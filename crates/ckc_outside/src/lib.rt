//! The outside of the compiler: a source of input, a sink of output and a store of named files, each with a count
//! of its faults, as traits; objects in memory that fail where a test wants them to; and the real objects.
#![tactic(auto)]

mod memory;
mod real;
mod traits;

pub use memory::{MemSink, MemSource, MemStore};
pub use real::{RealSink, RealSource, RealStore};
pub use traits::{Failed, Fetched, Sink, Source, Store, StoreError};
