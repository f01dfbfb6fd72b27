//! What follows from the definitions alone, each the contract of a function that does nothing.

ghost use Rattle.std.specs.Prelude.{◌≡◌, ◌≢◌, ◌⊎◌, ℕ, ◌+◌, ◌*◌, Bool, true, List, [], ◌∷◌, ◌++◌, ◌<◌, length, slice_get, slice_index, ℤ, pos, Option, None, Some, Ok, IsOk};
ghost use Rattle.std.specs.List.{All, Contains};
ghost use Rattle.ckc_base.specs.declared.arithmetic.Width.TheVariants.{Word};
ghost use Rattle.ckc_types.specs.declared.types.CType.{CType};
ghost use Rattle.ckc_types.specs.declared.types.MemberBounds.{MemberBounds};
ghost use Rattle.ckc_types.specs.declared.types.MemberShape.{MemberShape};
ghost use Rattle.ckc_types.specs.Layout.{members_of};
ghost use Rattle.ckc_types.specs.declared.types.Structs.{Structs};
ghost use Rattle.ckc_linear.specs.declared.forms.Base.TheVariants as base;
ghost use Rattle.ckc_linear.specs.declared.forms.Form.{Form};
ghost use Rattle.ckc_typed.specs.declared.typed.Range.{Range};
ghost use Rattle.ckc_typed.specs.declared.typed.Typed.{Typed};
ghost use Rattle.ckc_typed.specs.Trees.{NotedExpr, NotedInit};
ghost use Rattle.ckc_typed.specs.Types.{is_scalar};
ghost use Rattle.ckc_bounds.specs.ckc_bounds_points.specs.declared.frame.Bounds.TheVariants as bounds;
ghost use Rattle.ckc_bounds.specs.ckc_bounds_points.specs.declared.frame.Bounds.{Bounds};
ghost use Rattle.ckc_bounds.specs.ckc_bounds_points.specs.declared.frame.HeadBounds.{HeadBounds};
ghost use Rattle.ckc_bounds.specs.ckc_bounds_points.specs.declared.frame.Local.{Local};
ghost use Rattle.ckc_bounds.specs.ckc_bounds_points.specs.Flow.{State, assigned, in_bounds};
ghost use Rattle.ckc_bounds.specs.ckc_bounds_points.specs.Frames.{local_at};
ghost use Rattle.ckc_bounds.specs.ckc_bounds_points.specs.Shown.{Known};
ghost use Rattle.ckc_bounds.specs.ckc_bounds_ranges.specs.declared.replacements.BaseBy.{BaseBy};
ghost use Rattle.ckc_bounds.specs.ckc_bounds_ranges.specs.declared.replacements.VariableBy.{VariableBy};
ghost use Rattle.ckc_bounds.specs.ckc_bounds_ranges.specs.Members.{is_covered, is_touched};
ghost use Rattle.ckc_bounds.specs.ckc_bounds_ranges.specs.Replaced.{replaced};
ghost use Rattle.ckc_bounds.specs.ckc_bounds_views.specs.declared.variables.Member.{Member};
ghost use Rattle.ckc_bounds.specs.ckc_bounds_views.specs.Views.{view};
ghost use Rattle.ckc_bounds.specs.ckc_bounds_views.specs.Judged.{extended_by, head_fault, is_owed};
ghost use Rattle.ckc_bounds.specs.ckc_bounds_views.specs.Parts.{View};
ghost use Rattle.ckc_bounds.specs.ckc_bounds_views.specs.Ranges.{range_of_result};
ghost use Rattle.ckc_bounds.specs.ckc_bounds_stores.specs.Values.{Value, holds};
ghost use Rattle.ckc_bounds.specs.ckc_bounds_stores.specs.Targets.{local_of, memory_bounds, bounds_by_member};
ghost use Rattle.ckc_bounds.specs.ckc_bounds_stores.specs.Stores.{Placed, members_assigned, stored_placed, returned};
ghost use Rattle.ckc_source.specs.declared.expr.Count.{Count};
ghost use Rattle.ckc_source.specs.declared.program.Shape.{Shape};
ghost use Rattle.ckc_source.specs.Blocks.{Block};
ghost use Rattle.ckc_source.specs.Eval.{Store, reads, reads_limited};
ghost use Rattle.ckc_source.specs.States as states;
ghost use Rattle.ckc_source.specs.Steps.{Write, all_written};
ghost use Rattle.ckc_source.specs.Words.{elements_behind};
ghost use Rattle.ckc_build_values.specs.Kinds.{size_behind};
ghost use Rattle.ckc_build_values.specs.Members.{count_by};
ghost use Rattle.ckc_blame_sound.specs.Points.{AreBounded, IsBounded};
ghost use Rattle.ckc_blame_sound.specs.Settings.{Setting};
ghost use Rattle.ckc_blame_sound.specs.Slots.{AreFilled};
ghost use Rattle.ckc_blame_sound.specs.Sound.{IsPlaced};
ghost use Rattle.ckc_blame_sound.specs.Values.{AreTrue, NamesIntegers};
ghost use Rattle.ckc_blame_sound.specs.Valuations.{Valuation, form_address, AreFacts, IsValuationOf};
ghost use Rattle.ckc_blame_sound.specs.Arguments.{AreArguments};
ghost use Rattle.ckc_blame_sound.specs.Cells.{AreSound, HaveOwnNames};
ghost use Rattle.ckc_blame_sound.specs.Limited.{AreSlotParts, store_with};
ghost use Rattle.ckc_blame_sound.specs.Writes.{AreCellWrites};
ghost use Rattle.ckc_blame_sound.specs.Agreeing.{IsReplaced};
ghost use Rattle.ckc_blame_sound.specs.Containment.{Memory, IsReadBetween, IsReadWithin, IsJudged, IsRanged};
ghost use Rattle.ckc_blame_sound.specs.Ends.{HaveEnds};
ghost use Rattle.ckc_blame_sound.specs.Memory.{AreMembersGiven, AreOwn, IsCountedBy};
ghost use Rattle.ckc_blame_sound.specs.Elements.{AreTargetsWritten, AreWrittenOnce, IsElementWritten, IsStructure, NameIntegerMembers};
ghost use Rattle.ckc_blame_sound.specs.Passed.{AreNewArguments, AreParameters, IsResult, result_between};
ghost use Rattle.ckc_blame_sound.specs.GivenValues.{memory_of, AreAssigned, IsBegun, IsFrom, IsUnnamed, OthersStay, StayTrue};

Task details: Starting with the first line of the listing above, copy each line exactly until you have copied the line containing "mod traits;". Stop there.

Exercise solution:
filename crates/ckc_outside/src/lib.rt
//! The outside of the compiler: a source of input, a sink of output and a store of named files, each with a count
//! of its faults, as traits; objects in memory that fail where a test wants them to; and the real objects.
#![tactic(auto)]

mod memory;
mod real;
mod traits;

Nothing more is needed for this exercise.